Tolls or not, Seattle tunnel will push vehicles onto surface streets
Punishing drivers who divert to Seattle’s surface streets once the new tunnel is in place would be a disservice to people who do so out of necessity.
Seattle Councilmember Mike O’Brien proposed spending $200,000 in the next budget to study tolling Seattle’s surface streets. His reasoning is that drivers are going to avoid the tunnel to avoid the toll associated with it.
“Folks that are on 99 that are going to try to divert to get out of the tunnel, because they don’t want to pay that toll, do we have some sort of toll that says, ‘You are going to pay a toll one way or the other’? So if you are going to use the tunnel, just use it,” he said.
Downtown, and really all of Seattle, doesn’t have the capacity for additional cars. The director of Seattle Department of Transportation said so himself when he said the city couldn’t handle more vehicles. A toll to use surface streets, like congestion pricing in London, would be a method to keep the number of vehicles down.
But O’Brien’s comments are directed at people avoiding tolls. The proposal to make drivers pay “one way or the other” ignores the fact that many people use the Alaskan Way Viaduct to get in and out of downtown and Belltown, not just to avoid the area.
A study estimated that between 20,000 and 25,000 additional vehicles will be pushed onto I-5 and surface streets once the tunnel is open, depending on the toll “scenarios.” The Washington State Transportation Commission has not set toll rates for the tunnel. However, those estimates include all drivers diverting around the tunnel; not just the ones expected to avoid paying a few dollars. A spokesperson for the Washington State Department of Transportation confirmed as much.

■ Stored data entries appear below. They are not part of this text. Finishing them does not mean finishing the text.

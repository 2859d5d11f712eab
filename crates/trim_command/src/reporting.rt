//! The status line of a trim.

ghost use Rattle.std.specs.Prelude.{◌≡◌, [], IfOk, map, unwrap_or, slice_get};
ghost use Rattle.std.specs.String.{string_bytes};
ghost use Rattle.run_rules.specs.Answers.{name_at};
ghost use Rattle.trim_command.specs.Answer.{refused, write_status, assembly_in, name_in, source_in, named_in, StatusReported};

use file_runs::assembly_name;
use il_base::{NoMemory, Seq, Text};
use il_outside::{FolderError, Sink};
use status_lines::{Status, report};
use std::alloc::Global;
use trim_core::{Refusal, collision_text};

/// A refusal as a status.
pub(crate) fn refused(why: Refusal) -> Status
    ensures { result ≡ refused why }
{
    match why {
        Refusal::BadFile { file, at } => Status::BadFile { file, at },
        Refusal::Outside { place, what } => Status::Outside { place, what },
        Refusal::Unresolved { place } => Status::Unresolved { place },
        Refusal::NotYet { file } => Status::NotYet { file },
        Refusal::Collision { first, second } => Status::Collision { first, second },
        Refusal::BadDescriptor { source, offset } => Status::BadDescriptor { source, offset },
        Refusal::Limit { which, found } => Status::Limit { which, found },
        Refusal::NoEntry { token } => Status::NoEntry { token },
        Refusal::NoMemory => Status::NoMemory,
    }
}

/// What the writes answered, as a status.
pub(crate) fn write_status(written: Result<(), FolderError>) -> Status
    ensures { result ≡ write_status written }
{
    match written {
        Ok(()) => Status::Done,
        Err(FolderError::Failed) => Status::WriteFault,
        Err(FolderError::NoMemory) => Status::NoMemory,
    }
}

/// The name of the assembly that one of the files is, by its number; empty where it has none.
fn name_or_empty(alloc: Global, files: &Seq<Text>, file: u32) -> Result<Text, NoMemory>
    ensures { IfOk result (λ name. name ≡ unwrap_or (name_at files.now file) []) }
{
    match assembly_name(alloc, files, file)? {
        None => Ok(Seq::new(alloc)),
        Some(name) => Ok(name),
    }
}

/// The name of the assembly that a status has a place in.
fn assembly_in(alloc: Global, files: &Seq<Text>, status: &Status) -> Result<Text, NoMemory>
    ensures { IfOk result (λ name. name ≡ assembly_in files.now status.now) }
{
    match status {
        Status::Outside { place, .. } => name_or_empty(alloc, files, place.asm),
        Status::Unresolved { place } => name_or_empty(alloc, files, place.asm),
        Status::Done
        | Status::Ended { .. }
        | Status::BadWords { .. }
        | Status::BadFile { .. }
        | Status::NotYet { .. }
        | Status::Collision { .. }
        | Status::BadDescriptor { .. }
        | Status::Limit { .. }
        | Status::NoEntry { .. }
        | Status::ReadFault
        | Status::WriteFault
        | Status::NoMemory
        | Status::Threw { .. }
        | Status::Spent { .. }
        | Status::Stopped { .. }
        | Status::Stuck { .. } => Ok(Seq::new(alloc)),
    }
}

/// A word by its number; empty where there is none.
fn name_in(names: &[String], number: usize) -> &[u8]
    ensures { result.now ≡ name_in (map string_bytes names.now) number }
{
    match names.get(number) {
        None => b"",
        Some(name) => name.as_bytes(),
    }
}

/// The word of what has a descriptor: the inputs come first, and then the descriptors that were named.
fn source_in<'a>(inputs: &'a [String], descriptors: &'a [String], source: usize) -> &'a [u8]
    ensures { result.now ≡ source_in (map string_bytes inputs.now) (map string_bytes descriptors.now) source }
{
    if source < inputs.len() {
        name_in(inputs, source)
    } else {
        name_in(descriptors, source - inputs.len())
    }
}

/// What the line of a status names besides.
fn named_in(
    alloc: Global,
    inputs: &[String],
    descriptors: &[String],
    files: &Seq<Text>,
    status: &Status,
) -> Result<Text, NoMemory>
    ensures { IfOk result (λ text. text ≡ named_in (map string_bytes inputs.now) (map string_bytes descriptors.now) files.now status.now) }
{
    match status {
        Status::BadFile { file, .. } => Seq::from_slice(alloc, name_in(inputs, *file as usize)),
        Status::NotYet { file } => Seq::from_slice(alloc, name_in(inputs, *file as usize)),
        Status::BadDescriptor { source, .. } => {
            Seq::from_slice(alloc, source_in(inputs, descriptors, *source as usize))
        }
        Status::Collision { first, second } => collision_text(alloc, files, *first, *second),
        Status::Done
        | Status::Ended { .. }
        | Status::BadWords { .. }
        | Status::Outside { .. }
        | Status::Unresolved { .. }
        | Status::Limit { .. }
        | Status::NoEntry { .. }
        | Status::ReadFault
        | Status::WriteFault
        | Status::NoMemory
        | Status::Threw { .. }
        | Status::Spent { .. }
        | Status::Stopped { .. }
        | Status::Stuck { .. } => Ok(Seq::new(alloc)),
    }
}

/// Writes the line of a status of files that were read under these names.
pub(crate) fn report_status<E: Sink>(
    alloc: Global,
    err: &mut E,
    inputs: &[String],
    descriptors: &[String],
    files: &Seq<Text>,
    status: Status,
) -> Status
    ensures { StatusReported (map string_bytes inputs.now) (map string_bytes descriptors.now) files.now status (E.state err.old) (E.state err.new) result }
{
    match assembly_in(alloc, files, &status) {
        Err(_) => report(alloc, err, &[], &[], Status::NoMemory),
        Ok(asm) => match named_in(alloc, inputs, descriptors, files, &status) {
            Err(_) => report(alloc, err, &[], &[], Status::NoMemory),
            Ok(named) => report(alloc, err, asm.as_slice(), named.as_slice(), status),
        },
    }
}
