//! The objects of members that reflection found.

ghost use Rattle.std.specs.Prelude.{◌≡◌, slice_get};
ghost use Rattle.std.specs.Option.{option_and_then, option_map};
ghost use Rattle.rules.specs.step_rules.CoreMembers.{member_in, member_by};
ghost use Rattle.machine_words.specs.cil_objects.Members.{seen_by};

use il_base::Item;
use il_base::cil_values::{Heap, Obj, State, Value};
use il_base::world_model::TypeExpr;

/// The member that an object stands for.
#[derive(Drop)]
pub struct SeenMember<'a> {
    pub item: Item,
    /// The type in which it was found.
    pub owner: &'a TypeExpr,
}

/// The member that an object stands for. None for another object.
fn member_in(o: &Obj) -> Option<SeenMember<'_>>
    ensures { option_map seen_by result ≡ member_in o.now }
{
    match o {
        Obj::Member(item, owner) => Some(SeenMember { item: *item, owner }),
        Obj::Instance { .. } => None,
        Obj::Boxed { .. } => None,
        Obj::Array { .. } => None,
        Obj::Str(_) => None,
        Obj::TypeOf(_) => None,
    }
}

fn member_at(heap: &Heap, at: u32) -> Option<SeenMember<'_>>
    ensures { option_map seen_by result ≡ option_and_then member_in (slice_get heap.now at) }
{
    match heap.get(at) {
        Some(o) => member_in(o),
        None => None,
    }
}

/// The member whose object a value names. None for any other value.
#[tactic(auto, unfolding(rules::specs::step_rules::CoreMembers::member_by))]
pub fn member_by<'a>(st: &'a State, v: &Value) -> Option<SeenMember<'a>>
    ensures { option_map seen_by result ≡ member_by st.now v.now }
{
    match v {
        Value::Object(at) => member_at(&st.heap, *at),
        Value::Null => None,
        Value::I4(_) => None,
        Value::I8(_) => None,
        Value::Native(_) => None,
        Value::Pointer(_) => None,
        Value::Struct(_, _) => None,
        Value::Handle(_) => None,
        Value::FieldHandle(_) => None,
    }
}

Once the tunnel is in place and the viaduct is gone, drivers will not have mid-town exits, according to WSDOT spokesperson Ethan Bergerson. The tunnel will no longer have ramps to/from Seneca Street, Columbia Street, Western Avenue, or Elliott Avenue.
The tunnel is more like an express lane through downtown, rather than into it. That means drivers who currently use the viaduct to get closer to their destination in downtown or Belltown will be forced to find an alternate route.
That alternative route will likely be an expanded Alaskan Way surface street, which will have more lanes and better access along the waterfront, Bergerson points out.
“The new tunnel will be just one of several transportation investments to the Seattle waterfront over the next several years, including the new Alaskan Way surface street with improved capacity and connections to downtown Seattle,” Bergerson wrote.
O’Brien says “places around the country” are having the difficult conversations about tolling congested areas. He reportedly said, “there aren’t very many tools that have been proven to work around the world, and I think it’s important that this be part of the conversation.”
But should we toll drivers who were forced to change their routes? Maybe the city council should keep digging through that toolbox.